Sydney, Australia

Sydney, Australia

Friday, June 5, 2015

Student Post - Neil Reynolds

I woke up in Sydney for the first time this morning. I walked out the door, and I am greeted by the most incredible view. Sydney Opera House and Sydney Harbor Bridge, two of Sydney’s most famous landmarks simultaneously with the sun barely peeking out from the clouds behind them. I walk a few steps onto the patio and I sit down to work on the Law Journal write on competition. I am the only one on the patio. After about 5 minutes, someone comes walking onto the patio. He stands there taking in the view for a few moments and then he approaches me. He asks me where I am from and what I am doing here. I tell him. He asks me if I have studied the Aborigines, the indigenous people of Australia. I tell him we have, and that they were treated very similarly to the Native Americans in my country. He identifies himself as an Aboriginal Australian. His name is Joel Bailey.
We talk for the remaining hour before I have to leave for breakfast. We began talking about his job and the general routine of life for him in Australia. Instead of a monthly rent like we have in USA, they pay by the week. He says many people in Australia live week to week, and he is one of them. I asked him about minimum wage laws in Australia. He told me they didn’t have a minimum wage. Your wage is determined by your age group and your occupation. Age groups he mentioned were “youth” and “adult.” Occupations would vary tremendously I imagine. He told me when he was a youth he made $6.25 an hour. Interestingly enough, this is exactly what my first wage was at Burger King in the US. He currently makes $25 an hour. The important thing I took away was that there was a lot of varying wages all over Australia, and no set minimum, but the minimum possible wage would be reserved for a youth under age 18.

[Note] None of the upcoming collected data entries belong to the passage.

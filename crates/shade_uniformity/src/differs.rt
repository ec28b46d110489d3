//! Variables whose value may differ from lane to lane whatever a function does.

ghost use Rattle.std.specs.Prelude.{◌≡◌, slice_get};
ghost use Rattle.shade_uniformity.specs.RowLists.{is_writable, may_differ, param_differs, pointer_differs, root_writable, type_writable, writes_through};

use shade_core::{Base, CoreFunction, CoreModule, CoreParam, Root};
use shade_values::{Access, ShadeType, Space, TypeId, TypeTable};

/// Whether an access writes.
fn is_writable(access: Access) -> bool
    ensures { result ≡ is_writable access }
{
    match access {
        Access::Read => false,
        Access::ReadWrite => true,
    }
}

/// Whether there is a variable of the module with a number and it may be written.
fn root_is_writable(roots: &[Root], number: u32) -> bool
    ensures { result ≡ root_writable (slice_get roots.now number) }
{
    match roots.get(number as usize) {
        Some(root) => is_writable(root.access),
        None => false,
    }
}

/// Whether what a type points to may be written.
fn writes_through(ty: ShadeType) -> bool
    ensures { result ≡ writes_through ty }
{
    match ty {
        ShadeType::Pointer(_, _, access) => is_writable(access),
        _ => false,
    }
}

/// Whether there is a type with an id and what it points to may be written.
fn type_is_writable(types: &TypeTable, id: TypeId) -> bool
    ensures { result ≡ type_writable (slice_get types.now.types id.0) }
{
    if id.0 < types.count() {
        return writes_through(*types.get(id));
    }
    false
}

/// Whether what a pointer of a space and a type points to may differ.
fn pointer_differs(checked: &CoreModule, space: Space, ty: TypeId) -> bool
    ensures { result ≡ pointer_differs checked.now space ty }
{
    match space {
        Space::Private | Space::Workgroup => true,
        Space::Function | Space::Uniform => false,
        Space::Storage => type_is_writable(&checked.types, ty),
    }
}

/// Whether there is a parameter with a number and what it points to may differ.
fn param_differs(checked: &CoreModule, params: &[CoreParam], number: u32) -> bool
    ensures { result ≡ param_differs checked.now (slice_get params.now number) }
{
    match params.get(number as usize) {
        Some(CoreParam::Pointer(space, ty)) => pointer_differs(checked, *space, *ty),
        Some(CoreParam::Plain(_) | CoreParam::Input(_)) | None => false,
    }
}

/// Whether the value of a variable may differ from lane to lane whatever the function does: it is a variable of the module that may be
/// written, or what a parameter points to in the spaces private, workgroup or, with access to write, storage. Takes no memory.
pub fn may_differ(checked: &CoreModule, function: &CoreFunction, variable: Base) -> bool
    ensures { result ≡ may_differ checked.now function.now variable }
{
    match variable {
        Base::Local(_) => false,
        Base::Module(root) => root_is_writable(checked.roots.as_slice(), root),
        Base::Pointee(param) => param_differs(checked, function.params.as_slice(), param),
    }
}
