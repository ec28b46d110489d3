//! All rows of a function.

ghost use Rattle.std.specs.Prelude.{◌<◌, ◌^◌, IfOk, length};
ghost use Rattle.shade_core.specs.Code.{code_of};
ghost use Rattle.shade_flow.specs.Exact.{IsNumbered, IsReachingOf};
ghost use Rattle.shade_uniformity.specs.AllRows.{AreRows};
ghost use Rattle.shade_uniformity.specs.Visits.{AreAnalysed};

use crate::held::add_all_held;
use crate::rows::{Given, add_rows};
use crate::walk::Spot;
use shade_core::{CoreFunction, CoreModule};
use shade_flow::Reaching;
use std::alloc::{AllocError, Global};

/// The rows of the analysed statements of a function of a module, tags aside: each statement gives its own, and a row is an edge where both its
/// ends are nodes. What is kept in `reaching` is that of this function, whose statements are numbered in structure order.
///
/// Takes time and memory in the order of the rows, and for each Load, and each Return and parameter, the time of a search for what reaches.
/// Parameters have numbers of 32 bits.
pub fn rows_of(
    alloc: Global,
    checked: &CoreModule,
    function: &CoreFunction,
    reaching: &Reaching,
    spots: &[Spot<'_>],
) -> Result<Vec<Given>, AllocError>
    requires analysed { AreAnalysed function.now.body spots.now }
    requires kept { IsReachingOf function.now reaching.now }
    requires numbered { IsNumbered (code_of function.now.body) }
    requires params { length function.now.params < 2 ^ 32 }
    ensures { IfOk result (λ rows. AreRows checked.now function.now rows.items) }
{
    let mut rows = Vec::new(alloc);
    add_rows(checked, function, spots, &mut rows)?;
    add_all_held(alloc, function, reaching, spots, &mut rows)?;
    Ok(rows)
}
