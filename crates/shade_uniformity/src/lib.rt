//! The uniformity graph of a function, whatever statements it has: its nodes, and the edges that say what must be uniform where something
//! else must.
//!
//! The rules stand in `specs/`: where analysed statements stand in `Structure.antt`, what is said of one statement in `Rows.antt`, nodes, edges
//! and the reasons of edges in `Edges.antt`, all rows in `AllRows.antt`. What one walk over the statements has stands in `Visits.antt`, and the lists
//! of nodes and rows that it makes in `NodeLists.antt`, `RowLists.antt` and `HeldRows.antt`.
#![tactic(auto)]

mod all_rows;
mod differs;
mod edges;
mod held;
mod nodes;
mod rows;
mod walk;

pub use all_rows::rows_of;
pub use edges::{Joined, given_edges};
pub use nodes::nodes_of;
pub use rows::Given;
pub use walk::{PartSpan, Spot, Spots, analysed};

He then started talking about his family and how they lived. He is the only member of his family living week to week, and working for his wage. The other members of his family live off of the government. He says the government pays them $200-250 per week, and their quality of life is not very good. He tries to push his sister and his mother to get jobs and make around $400 a week like him so that they can afford to spend money on things like alcohol and entertainment, but they just do not want to work. He is happy working hard during the week and having fun on weekends. He also takes pride in earning things for himself instead of having everything handed to him. He wonders why his family doesn’t at least try it.

He also talked about the apology. When he was in high school the government issued an apology to aborigines for the “lost generation,” a time when aboriginal children were taken by the government in an effort to assimilate them into the culture (or perhaps other more nefarious reasons). He was the only aboriginal at his high school. They brought him up on stage in front of the entire school to apologize to him. They let him say a few words. He tells them that they have nothing to apologize for. No one in that room had anything to do with the lost generation. They had no reason to apologize, and he could not accept their apology.

Finally, we talked about video games. He played a lot of the same video games as I did. Including World of Warcraft (“WoW”). WoW is the reason I am so interested in visiting Australia, and why I have so many friends in this country to visit. We exchanged information, and when I get back to the states I can add him as a friend in WoW so that we can play video games together.